- Work to be completed: Only the stretch of the listing below that runs from the line with "64 ≤ entries" through the line with "ReadsItems ⟦<D as" is to be printed, exactly and with both ends.

- Data:
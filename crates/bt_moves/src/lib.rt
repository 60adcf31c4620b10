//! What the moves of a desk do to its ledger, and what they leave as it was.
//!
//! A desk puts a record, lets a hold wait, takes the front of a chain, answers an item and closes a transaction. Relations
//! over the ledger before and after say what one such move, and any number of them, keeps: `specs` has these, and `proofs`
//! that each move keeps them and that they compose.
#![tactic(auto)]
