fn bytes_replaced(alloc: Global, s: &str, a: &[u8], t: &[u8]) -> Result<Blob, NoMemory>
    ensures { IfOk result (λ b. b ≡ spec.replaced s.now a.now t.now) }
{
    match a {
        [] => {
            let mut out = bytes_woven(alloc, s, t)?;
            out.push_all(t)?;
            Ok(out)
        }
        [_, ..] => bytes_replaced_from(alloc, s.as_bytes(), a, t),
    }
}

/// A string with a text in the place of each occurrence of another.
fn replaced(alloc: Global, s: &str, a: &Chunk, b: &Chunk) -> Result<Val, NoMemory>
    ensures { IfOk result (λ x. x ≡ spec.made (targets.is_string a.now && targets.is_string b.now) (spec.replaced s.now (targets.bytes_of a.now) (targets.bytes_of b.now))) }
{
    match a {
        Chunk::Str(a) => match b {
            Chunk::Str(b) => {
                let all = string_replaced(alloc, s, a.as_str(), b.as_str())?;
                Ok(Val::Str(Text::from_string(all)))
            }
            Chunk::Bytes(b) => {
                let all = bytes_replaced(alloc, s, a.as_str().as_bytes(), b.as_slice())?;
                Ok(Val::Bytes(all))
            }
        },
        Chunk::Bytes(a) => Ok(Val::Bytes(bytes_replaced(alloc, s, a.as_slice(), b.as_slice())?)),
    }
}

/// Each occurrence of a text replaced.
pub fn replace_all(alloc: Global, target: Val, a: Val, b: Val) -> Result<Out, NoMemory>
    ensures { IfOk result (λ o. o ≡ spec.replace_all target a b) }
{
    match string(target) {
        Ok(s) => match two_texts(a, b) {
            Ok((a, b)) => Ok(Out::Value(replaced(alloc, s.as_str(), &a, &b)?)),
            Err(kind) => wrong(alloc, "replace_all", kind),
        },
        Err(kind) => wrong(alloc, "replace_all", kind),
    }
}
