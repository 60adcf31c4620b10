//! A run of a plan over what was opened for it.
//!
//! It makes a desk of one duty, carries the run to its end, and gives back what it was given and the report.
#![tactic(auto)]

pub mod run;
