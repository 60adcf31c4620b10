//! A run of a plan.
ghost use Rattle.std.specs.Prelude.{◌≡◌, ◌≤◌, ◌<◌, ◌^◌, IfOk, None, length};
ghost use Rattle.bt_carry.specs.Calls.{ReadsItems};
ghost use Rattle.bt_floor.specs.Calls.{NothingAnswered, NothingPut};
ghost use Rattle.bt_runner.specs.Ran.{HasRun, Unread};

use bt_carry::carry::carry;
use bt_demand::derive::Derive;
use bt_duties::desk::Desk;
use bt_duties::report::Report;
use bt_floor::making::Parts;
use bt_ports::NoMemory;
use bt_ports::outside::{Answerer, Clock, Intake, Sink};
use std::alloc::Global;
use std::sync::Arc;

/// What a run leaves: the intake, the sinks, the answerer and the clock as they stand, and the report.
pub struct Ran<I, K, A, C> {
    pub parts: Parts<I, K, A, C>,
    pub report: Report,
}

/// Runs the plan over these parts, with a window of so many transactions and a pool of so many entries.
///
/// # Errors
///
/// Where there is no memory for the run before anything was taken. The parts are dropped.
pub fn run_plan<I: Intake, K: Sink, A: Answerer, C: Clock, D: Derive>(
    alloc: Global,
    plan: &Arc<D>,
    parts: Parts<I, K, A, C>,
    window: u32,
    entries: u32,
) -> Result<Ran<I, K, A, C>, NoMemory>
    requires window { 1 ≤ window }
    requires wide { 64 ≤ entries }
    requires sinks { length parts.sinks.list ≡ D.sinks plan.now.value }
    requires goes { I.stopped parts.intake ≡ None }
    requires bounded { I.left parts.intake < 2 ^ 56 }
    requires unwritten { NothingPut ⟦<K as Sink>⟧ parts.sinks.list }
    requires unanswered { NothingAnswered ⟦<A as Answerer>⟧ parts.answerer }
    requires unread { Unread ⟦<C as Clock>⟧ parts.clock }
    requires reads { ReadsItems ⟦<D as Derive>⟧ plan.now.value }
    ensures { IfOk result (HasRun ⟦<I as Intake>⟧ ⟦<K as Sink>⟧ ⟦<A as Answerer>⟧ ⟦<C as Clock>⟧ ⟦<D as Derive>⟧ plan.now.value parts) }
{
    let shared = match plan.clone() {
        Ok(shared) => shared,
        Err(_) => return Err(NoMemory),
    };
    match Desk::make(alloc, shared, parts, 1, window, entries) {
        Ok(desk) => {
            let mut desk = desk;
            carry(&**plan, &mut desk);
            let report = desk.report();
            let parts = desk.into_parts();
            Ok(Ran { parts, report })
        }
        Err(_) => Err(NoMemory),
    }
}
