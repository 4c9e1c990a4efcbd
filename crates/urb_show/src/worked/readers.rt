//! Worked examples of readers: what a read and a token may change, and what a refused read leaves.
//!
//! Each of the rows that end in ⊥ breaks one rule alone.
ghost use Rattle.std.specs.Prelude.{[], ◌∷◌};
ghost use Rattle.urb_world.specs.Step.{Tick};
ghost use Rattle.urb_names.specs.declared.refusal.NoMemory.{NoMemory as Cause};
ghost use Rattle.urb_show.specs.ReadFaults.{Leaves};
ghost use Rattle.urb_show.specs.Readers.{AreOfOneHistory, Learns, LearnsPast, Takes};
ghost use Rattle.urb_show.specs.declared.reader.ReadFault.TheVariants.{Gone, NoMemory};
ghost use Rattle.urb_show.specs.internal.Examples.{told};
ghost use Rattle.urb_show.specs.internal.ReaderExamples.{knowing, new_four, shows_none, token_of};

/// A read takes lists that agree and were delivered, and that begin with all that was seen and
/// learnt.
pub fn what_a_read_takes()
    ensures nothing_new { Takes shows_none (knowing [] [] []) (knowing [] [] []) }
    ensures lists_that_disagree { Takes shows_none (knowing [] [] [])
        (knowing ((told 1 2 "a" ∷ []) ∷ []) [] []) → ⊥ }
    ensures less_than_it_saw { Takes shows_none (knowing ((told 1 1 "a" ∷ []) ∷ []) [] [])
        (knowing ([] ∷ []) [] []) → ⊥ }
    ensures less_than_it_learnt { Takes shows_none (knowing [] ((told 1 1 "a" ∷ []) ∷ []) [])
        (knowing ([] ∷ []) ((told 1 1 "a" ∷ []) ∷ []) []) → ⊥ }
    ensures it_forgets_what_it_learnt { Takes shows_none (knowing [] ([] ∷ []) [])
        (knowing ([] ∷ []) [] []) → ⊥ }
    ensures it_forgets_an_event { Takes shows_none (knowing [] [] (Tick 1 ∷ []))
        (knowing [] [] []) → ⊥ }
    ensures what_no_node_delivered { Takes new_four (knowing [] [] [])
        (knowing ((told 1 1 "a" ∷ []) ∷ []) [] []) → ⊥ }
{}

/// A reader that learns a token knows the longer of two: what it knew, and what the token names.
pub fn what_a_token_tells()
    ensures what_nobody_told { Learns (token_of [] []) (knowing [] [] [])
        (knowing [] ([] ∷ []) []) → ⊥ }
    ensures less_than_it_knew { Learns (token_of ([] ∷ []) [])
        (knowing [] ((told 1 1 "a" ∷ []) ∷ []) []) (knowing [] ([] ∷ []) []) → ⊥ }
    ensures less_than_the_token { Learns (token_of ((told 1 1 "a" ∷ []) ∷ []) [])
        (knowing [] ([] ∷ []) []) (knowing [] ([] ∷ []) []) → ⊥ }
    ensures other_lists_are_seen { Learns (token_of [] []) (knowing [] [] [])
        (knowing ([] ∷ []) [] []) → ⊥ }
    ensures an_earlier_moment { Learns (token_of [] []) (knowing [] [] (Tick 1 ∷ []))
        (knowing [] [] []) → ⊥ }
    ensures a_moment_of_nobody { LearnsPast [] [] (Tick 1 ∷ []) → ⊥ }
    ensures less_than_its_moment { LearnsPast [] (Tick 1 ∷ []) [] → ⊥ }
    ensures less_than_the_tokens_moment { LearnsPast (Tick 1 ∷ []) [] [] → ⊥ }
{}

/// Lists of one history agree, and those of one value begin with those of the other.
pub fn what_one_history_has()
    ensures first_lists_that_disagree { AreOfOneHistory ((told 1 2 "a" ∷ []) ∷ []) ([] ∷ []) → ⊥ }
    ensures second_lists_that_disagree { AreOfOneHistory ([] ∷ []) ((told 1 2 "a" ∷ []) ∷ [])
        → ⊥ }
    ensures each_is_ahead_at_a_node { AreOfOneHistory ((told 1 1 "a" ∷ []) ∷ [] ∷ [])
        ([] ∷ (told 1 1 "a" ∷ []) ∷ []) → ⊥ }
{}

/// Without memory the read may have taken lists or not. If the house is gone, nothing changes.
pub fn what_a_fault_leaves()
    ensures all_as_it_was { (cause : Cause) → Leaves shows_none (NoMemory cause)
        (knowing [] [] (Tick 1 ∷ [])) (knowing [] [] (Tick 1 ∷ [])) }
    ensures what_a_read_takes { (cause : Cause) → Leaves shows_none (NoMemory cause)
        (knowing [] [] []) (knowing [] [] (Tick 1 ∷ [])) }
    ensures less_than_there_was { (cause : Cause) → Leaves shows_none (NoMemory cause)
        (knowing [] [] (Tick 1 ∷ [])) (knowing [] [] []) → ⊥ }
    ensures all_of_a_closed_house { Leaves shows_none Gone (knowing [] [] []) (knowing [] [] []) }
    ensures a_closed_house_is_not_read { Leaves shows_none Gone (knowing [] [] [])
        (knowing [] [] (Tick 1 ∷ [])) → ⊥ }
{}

- Result for this task:
    requires wide { 64 ≤ entries }
    requires sinks { length parts.sinks.list ≡ D.sinks plan.now.value }
    requires goes { I.stopped parts.intake ≡ None }
    requires bounded { I.left parts.intake < 2 ^ 56 }
    requires unwritten { NothingPut ⟦<K as Sink>⟧ parts.sinks.list }
    requires unanswered { NothingAnswered ⟦<A as Answerer>⟧ parts.answerer }
    requires unread { Unread ⟦<C as Clock>⟧ parts.clock }
    requires reads { ReadsItems ⟦<D as Derive>⟧ plan.now.value }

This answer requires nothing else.